In this paper, CB/PA6/PP composites with 3 vol% CB were chosen as the main research samples according to conductive percolation behavior.

2.2. Characterizations

Scanning electron microscopy (SEM): the phase morphology of the samples was observed by SEM. The samples were cryogenically fractured after placing in liquid nitrogen for 30 min. Some of the cryo-fractured samples were immersed in xylene for 5 h at 120 °C for dissolving away the PP. Others were used directly for the SEM observation. After covering with a thin layer of gold, these fractured surfaces were observed by the SEM (JSM-6360LV, Hitachi, Tokyo, Japan) device.

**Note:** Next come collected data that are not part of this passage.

//! Texts and string literals hold bytes: a byte that is read is below 256.

ghost use Rattle.std.specs.Prelude.{All};
ghost use Rattle.mem_model.specs.Bytes.{AreBytes};

use bk_containers::Seq;

/// Reads the bytes of a text, so that each is known to be below 256.
#[tactic(auto, using(crate::proofs::CTextBytes::Bytes::one_less, crate::proofs::CTextBytes::Bytes::none_left))]
pub fn read_text(text: &[u8])
    ensures { AreBytes text.now }
{
    for byte in text {
        let _byte = *byte;
    }
}

/// Reads the bytes of string literals, so that each is known to be below 256.
#[tactic(auto, using(crate::proofs::CTextBytes::Bytes::one_more, crate::proofs::CTextBytes::Bytes::all_read))]
pub fn read_texts(texts: &[Seq<u8>])
    ensures { All AreBytes texts.now }
{
    for text in texts {
        read_text(text.as_slice());
    }
}
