//! Laws, each the contract of a function that does nothing.

ghost use Rattle.frame_steps.specs.instruction_items.Laws.{InstructionsAreDone};

/// The machine does each instruction that is no call, division or return: it writes, jumps, ends or traps as that does.
pub fn instructions_are_done()
    ensures { InstructionsAreDone }
{}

Transmission Electron Microscope (TEM): thin slices of the samples were observed by TEM (JEM-1400, UC7, Leica, Tokyo, Japan), and the elements of the polymer phase were analyzed by energy dispersive spectrometer (EDS, EDAX, Shanghai, China). At room temperature, the thin slices were cut by a diamond knife from the samples.

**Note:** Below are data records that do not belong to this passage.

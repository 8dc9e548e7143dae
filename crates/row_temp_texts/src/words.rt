//! The words of instructions.

use temp_ir::insn::FixedRegister;
use temp_ir::operation::{DivisionRoutine, ExtendOp, LoadOp, Operation, StoreOp, TempBranchOp};

/// A load, if it is one.
pub fn load(word: &str) -> Option<LoadOp> {
    match word {
        "ldbu" => Some(LoadOp::Ldbu),
        "ldwu" => Some(LoadOp::Ldwu),
        "ldl" => Some(LoadOp::Ldl),
        "ldq" => Some(LoadOp::Ldq),
        _ => None,
    }
}

/// A store, if it is one.
pub fn store(word: &str) -> Option<StoreOp> {
    match word {
        "stb" => Some(StoreOp::Stb),
        "stw" => Some(StoreOp::Stw),
        "stl" => Some(StoreOp::Stl),
        "stq" => Some(StoreOp::Stq),
        _ => None,
    }
}

/// A branch, if it is one.
pub fn branch(word: &str) -> Option<TempBranchOp> {
    match word {
        "blbc" => Some(TempBranchOp::Blbc),
        "beq" => Some(TempBranchOp::Beq),
        "blt" => Some(TempBranchOp::Blt),
        "ble" => Some(TempBranchOp::Ble),
        "blbs" => Some(TempBranchOp::Blbs),
        "bne" => Some(TempBranchOp::Bne),
        "bge" => Some(TempBranchOp::Bge),
        "bgt" => Some(TempBranchOp::Bgt),
        _ => None,
    }
}

/// A sign extension, if it is one.
pub fn extend(word: &str) -> Option<ExtendOp> {
    match word {
        "sextb" => Some(ExtendOp::Sextb),
        "sextw" => Some(ExtendOp::Sextw),
        _ => None,
    }
}

/// An operation on two words, if it is one that the rows have.
pub fn operation(word: &str) -> Option<Operation> {
    match word {
        "addl" => Some(Operation::Addl),
        "subl" => Some(Operation::Subl),
        "mull" => Some(Operation::Mull),
        "addl/v" => Some(Operation::AddlV),
        "subl/v" => Some(Operation::SublV),
        "mull/v" => Some(Operation::MullV),
        "addq" => Some(Operation::Addq),
        "subq" => Some(Operation::Subq),
        "mulq" => Some(Operation::Mulq),
        "addq/v" => Some(Operation::AddqV),
        "subq/v" => Some(Operation::SubqV),
        "mulq/v" => Some(Operation::MulqV),
        "cmpeq" => Some(Operation::Cmpeq),
        "cmplt" => Some(Operation::Cmplt),
        "cmple" => Some(Operation::Cmple),
        "cmpult" => Some(Operation::Cmpult),
        "cmpule" => Some(Operation::Cmpule),
        "and" => Some(Operation::And),
        "bic" => Some(Operation::Bic),
        "bis" => Some(Operation::Bis),
        "ornot" => Some(Operation::Ornot),
        "zapnot" => Some(Operation::Zapnot),
        "srl" => Some(Operation::Srl),
        "sll" => Some(Operation::Sll),
        "sra" => Some(Operation::Sra),
        "xor" => Some(Operation::Xor),
        _ => None,
    }
}

/// A division routine, if it is one.
pub fn routine(word: &str) -> Option<DivisionRoutine> {
    match word {
        "__divq" => Some(DivisionRoutine::Divq),
        "__remq" => Some(DivisionRoutine::Remq),
        "__divqu" => Some(DivisionRoutine::Divqu),
        "__remqu" => Some(DivisionRoutine::Remqu),
        "__divl" => Some(DivisionRoutine::Divl),
        "__reml" => Some(DivisionRoutine::Reml),
        "__divlu" => Some(DivisionRoutine::Divlu),
        "__remlu" => Some(DivisionRoutine::Remlu),
        _ => None,
    }
}

/// A fixed register, if it is one.
pub fn fixed_register(word: &str) -> Option<FixedRegister> {
    match word {
        "$0" => Some(FixedRegister::Value),
        "$16" => Some(FixedRegister::Argument0),
        "$17" => Some(FixedRegister::Argument1),
        "$18" => Some(FixedRegister::Argument2),
        "$19" => Some(FixedRegister::Argument3),
        "$20" => Some(FixedRegister::Argument4),
        "$21" => Some(FixedRegister::Argument5),
        "$24" => Some(FixedRegister::Dividend),
        "$25" => Some(FixedRegister::Divisor),
        "$27" => Some(FixedRegister::Answer),
        _ => None,
    }
}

Electrical conductivity test: the electric conductivity of the samples was measured by a four probe digital meter (ST2253, Jingge Electronic Co., Ltd., Suzhou, China) for R < 10⁵ Ω or a high-resistance meter (ZC360, Shanghai, China) for R > 10⁵ Ω. The volume resistance R_v (Ω) was transformed to volume resistivity ρ_v and electrical conductivity σ using the following formula:

$${\rho }_v=R_v\frac{S}{d},\sigma =\frac{1}{{\rho }_v}$$

(1)

where S (m²) represents the effective area of the electrode and d (m) represents sample thickness. The electrically conductive percolation threshold could be predicted by an universal percolation law [30]:

$$\sigma ={\sigma }_0{(\phi -{\phi }_c)}^t$$

(2)

where σ is the electrical conductivity of the CPCs, σ₀ is the electrical conductivity of the conductive fillers, φ is the volume fraction of the conductive fillers, φ_c is the electrically conductive percolation threshold, and t is a critical exponent.

Electro-mechanical property: a versatile testing machine (RGM-2020, Ruigeer Instrument Co., Ltd., Shenzhen, China) and an electrochemical workstation (CHI660E, Chenhua Instrument Co., Ltd., Shanghai, China) were used to test the electrical–mechanical response of the samples. The dimension of the samples was 100 × 10 × 0.5 mm³ and the gauge length was 40 mm. Silver paste was stuck onto the surface of the samples to guarantee fine electrical contact. Then these samples were subjected to monotonic tension-strain and ten cyclic tension-strain to 3% strain at a strain rate of 1 mm/min. The resistance was real-time recorded.

3. Results and Discussion

3.1. Morphology

The SEM micrographs of CB/PA6/PP (3 vol% CB) composites with different stretch ratios are shown in Figure 1. In terms of the stretch ratio of 1 (Figure 1a), the elongational flow is not considerable, and spherical PA6 phases are immersed in the PP matrix, indicating a typical two-phase incompatibility. At the stretch ratio of five (Figure 1b), a small amount of PA6 phases evolve into rod-like, and most remain spherical. When the stretch ratio is 10, the fibrillation of PA6 phases could be observed in Figure 1c, indicating that the dispersed phase morphology transferred from an isolated spherical domain to a completely fibrillated one. Especially for the stretch ratio of 15, the PA6 phases are fibrillated to a higher degree and form the microfibrils with a higher aspect ratio, as shown in Figure 1d. Hence, the samples with a high stretch ratio (10 and 15) are hereafter referred to as CB/PA6/PP MFCs.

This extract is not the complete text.